そして悲は自ら相手に心を寄せていき、悲しみを共有するということで、悲母(ひも)すなわち母親のイメージです。

こうして慈悲とは父母が我が子にかたむける無償の愛のように、人々に安心をもたらす仏さまのお心、最高の人格を表し、普段は自分の都合ばかりを気にしている私たちが目指すところでもあります。

持ち前の親切心を発揮できるような「私」へ

さてお釈迦さまは、この経文(きょうもん)を通して、私たちに慈悲を土台にした行いを「常に」とおっしゃっています。

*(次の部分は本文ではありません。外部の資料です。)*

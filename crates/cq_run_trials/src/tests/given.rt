//! What trials begin with: small captures, switches of one and three ports, and the slots of what comes to them.
ghost use Rattle.std.specs.Prelude.{◌≡◌, ◌≤◌, IfOk, IfSome, OnOk, codes, length};
ghost use Rattle.std.specs.Thread.{IsSync};
ghost use Rattle.cq_route.specs.Plain.{plain_tables};
ghost use Rattle.cq_route.specs.Tables.{AreTables, ports_of};
ghost use Rattle.cq_cells.specs.Scheduled.{schedule_of};
ghost use Rattle.cq_simulate.specs.ScheduleFor.{IsScheduleFor};

use cq_base::{ClassRow, Kind, Name, NoMemory, Sequence};
use cq_cells::Schedule;
use cq_pcap::{Capture, PcapRefusal, read_capture};
use cq_route::{AddressRow, PortRow, Tables};
use cq_trial_kit::HEADER;
use std::alloc::Global;
use std::thread::Threads;

// More than a capture here has.
const MANY: usize = 1_048_576;

/// Of a packet that comes its stamp in nanoseconds, its captured length, and the last byte of the address to which it
/// goes. On the wire it has four bytes more.
pub type Come = (u32, u8, u8);

// The captures of what comes to each input. One that is refused is left out.
fn captures_of(alloc: Global, inputs: &[&[Come]]) -> Result<Vec<Capture>, NoMemory> {
    let mut captures = Vec::new(alloc);
    for packets in inputs {
        if let Ok(capture) = capture_of(alloc, packets) {
            captures.push(capture)?;
        }
    }
    Ok(captures)
}

fn capture_of(alloc: Global, packets: &[Come]) -> Result<Capture, PcapRefusal> {
    let mut bytes = Vec::from_slice(alloc, &HEADER).or(Err(PcapRefusal::NoMemory))?;
    for (stamp, length, to) in packets {
        put_packet(&mut bytes, *stamp, *length, *to).or(Err(PcapRefusal::NoMemory))?;
    }
    bytes.truncate(MANY);
    read_capture(alloc, bytes)
}

fn put_packet(bytes: &mut Vec<u8>, stamp: u32, length: u8, to: u8) -> Result<(), NoMemory> {
    let captured = u32::from(length);
    let header = [
        [0; 4],
        stamp.to_le_bytes(),
        captured.to_le_bytes(),
        (captured + 4).to_le_bytes(),
    ];
    bytes.extend_from_slice(header.as_flattened())?;
    for place in 0..length {
        bytes.push(match place {
            0 => 0x02,
            5 => to,
            1..5 => 0,
            _ => place,
        })?;
    }
    Ok(())
}

/// The switch of a trial.
#[derive(Clone, Copy)]
pub enum Switch {
    /// One port that sends in the order of arrival.
    OnePort,
    /// One fair port, where each cell costs all that a rank can hold.
    DearPort,
    /// Three ports that send in the order of arrival, and two workers. Frames to address one go to output one, all
    /// others to output zero.
    ThreePorts,
    /// The three ports, where one cell fills output zero.
    ThreeLimitedPorts,
}

impl Switch {
    // Makes the tables of a plain switch those of this one.
    fn set(self, alloc: Global, tables: &mut Tables) -> Result<(), NoMemory>
        requires plain { tables.old ≡ plain_tables (codes "in") (codes "out") }
        requires in_range { AreTables tables.old }
        ensures { OnOk result (AreTables tables.new) }
    {
        match self {
            Switch::OnePort => Ok(()),
            Switch::DearPort => set_dear_port(alloc, tables),
            Switch::ThreePorts => set_three_ports(alloc, tables, None),
            Switch::ThreeLimitedPorts => set_three_ports(alloc, tables, Some(1)),
        }
    }
}

#[tactic(auto, unfolding(cq_route::specs::Plain::plain_tables))]
fn set_dear_port(alloc: Global, tables: &mut Tables) -> Result<(), NoMemory>
    requires { tables.old ≡ plain_tables (codes "in") (codes "out") }
    ensures { OnOk result (AreTables tables.new) }
{
    let class = ClassRow {
        level: 0,
        priority: 0,
        cost: u128::MAX,
    };
    tables.setup.kinds = Sequence::of(Vec::from_array(alloc, [Kind::Fair])?);
    tables.setup.classes = Sequence::of(Vec::from_array(alloc, [class])?);
    Ok(())
}

// The file of a port.
fn file(alloc: Global) -> Result<PortRow, NoMemory> {
    Ok(PortRow {
        read: None,
        write: Name::of(alloc, "out")?,
    })
}

// The files of three ports.
fn three_files(alloc: Global) -> Result<Vec<PortRow>, NoMemory>
    ensures { IfOk result (λ files. length files.items ≡ 3) }
{
    Ok(Vec::from_array(alloc, [file(alloc)?, file(alloc)?, file(alloc)?])?)
}

// Three ports, the first of which has this limit.
#[tactic(auto, unfolding(cq_route::specs::Plain::plain_tables))]
fn set_three_ports(alloc: Global, tables: &mut Tables, limit: Option<u64>) -> Result<(), NoMemory>
    requires plain { tables.old ≡ plain_tables (codes "in") (codes "out") }
    requires limit { IfSome limit (λ n. 1 ≤ n) }
    ensures { OnOk result (AreTables tables.new) }
{
    let one = AddressRow {
        mac: [0x02, 0, 0, 0, 0, 1],
        output: 1,
    };
    tables.setup.kinds = Sequence::of(Vec::from_array(alloc, [Kind::FirstCome; 3])?);
    tables.ports = Sequence::of(three_files(alloc)?);
    tables.limits = Sequence::of(Vec::from_array(alloc, [limit, None, None])?);
    tables.addresses = Sequence::of(Vec::from_array(alloc, [one])?);
    tables.workers = 2;
    Ok(())
}

/// The tables of a switch, captures, one for each of its ports, and the slots of what comes.
#[derive(Clone, Copy)]
pub struct Given<'a> {
    pub tables: &'a Tables,
    pub captures: &'a [Capture],
    pub schedule: &'a Schedule,
}

/// What a switch shows of the packets that come to it.
pub trait Trial {
    /// Whether it shows this.
    fn is_seen<R: Threads + Sync>(&self, rt: &R, alloc: Global, given: Given) -> bool
        requires sync { IsSync R.row }
        requires captures { length given.captures.now ≡ ports_of given.tables.now.setup }
        requires came { given.schedule.now ≡ schedule_of given.tables.now given.captures.now }
        requires schedule { IsScheduleFor given.tables.now given.schedule.now };
}

/// Whether the switch shows this of the packets that come to its inputs.
pub fn shows<R: Threads + Sync, T: Trial>(
    rt: &R,
    alloc: Global,
    switch: Switch,
    inputs: &[&[Come]],
    trial: &T,
) -> bool {
    match Tables::plain(alloc, "in", "out") {
        Ok(mut tables) => {
            switch.set(alloc, &mut tables).is_ok() && shows_by(rt, alloc, &tables, inputs, trial)
        }
        Err(_) => false,
    }
}

// Whether the switch of these tables does.
fn shows_by<R: Threads + Sync, T: Trial>(
    rt: &R,
    alloc: Global,
    tables: &Tables,
    inputs: &[&[Come]],
    trial: &T,
) -> bool
    requires { AreTables tables.now }
{
    match captures_of(alloc, inputs) {
        Ok(captures) => shows_in(rt, alloc, tables, &captures, trial),
        Err(_) => false,
    }
}

// Whether it does in these captures, of which there is to be one for each of its ports.
fn shows_in<R: Threads + Sync, T: Trial>(
    rt: &R,
    alloc: Global,
    tables: &Tables,
    captures: &[Capture],
    trial: &T,
) -> bool
    requires { AreTables tables.now }
{
    if captures.len() != tables.setup.kinds.as_slice().len() {
        return false;
    }
    match Schedule::of(rt, alloc, captures, tables) {
        Ok(schedule) => {
            let given = Given {
                tables,
                captures,
                schedule: &schedule,
            };
            trial.is_seen(rt, alloc, given)
        }
        Err(_) => false,
    }
}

例えば私たちに感動を与えてくれるスポーツ選手は、試合がない時はいつも家でごろごろ寝ているわけではないでしょう。練習でできないことは試合でもなかなかできるものではありませんし、選手としての能力を高め、それを試合で最大限に発揮できれば選手としての実力の向上も実感できるからと常日頃から練習をしているはずです。
 

これを経文にそって私たちの日常に置き換えてみると、いざという時ほど親切心を発揮するためには、やはり普段から「練習」しておく必要があるように思いませんか。
それこそ優先席の必要な人が乗ってきたら席をゆずるとか、悪さをしようとしていたら止めてあげるとか、友達が落ち込んでいたらひと声かけたり・・・。
 

実はそんなごく当たり前なことの積み重ねが、いざという時ほど適切かつ存分に持ち前の親切心を発揮できるような「私」への成長につながっていき、そのごほうびに進歩の実感も得られようとお釈迦さまはおっしゃっているようです。
 
ついついこうすればよかったと迷う私たちは、いつも人格形成の作業中です。
そして仲良くしたいのは、いざという時ほど親切でやさしい人と言うのなら、仲良くしてもらうには自分がそういう人になっていかなければ、お互いさまとはなりません。
ぜひこの仏さまの智慧をご活用下さい。
 
そのつど他人へのちょっとした思いやりを積み重ねる、「常に慈悲を行ずる」ことの大事をお話ししました。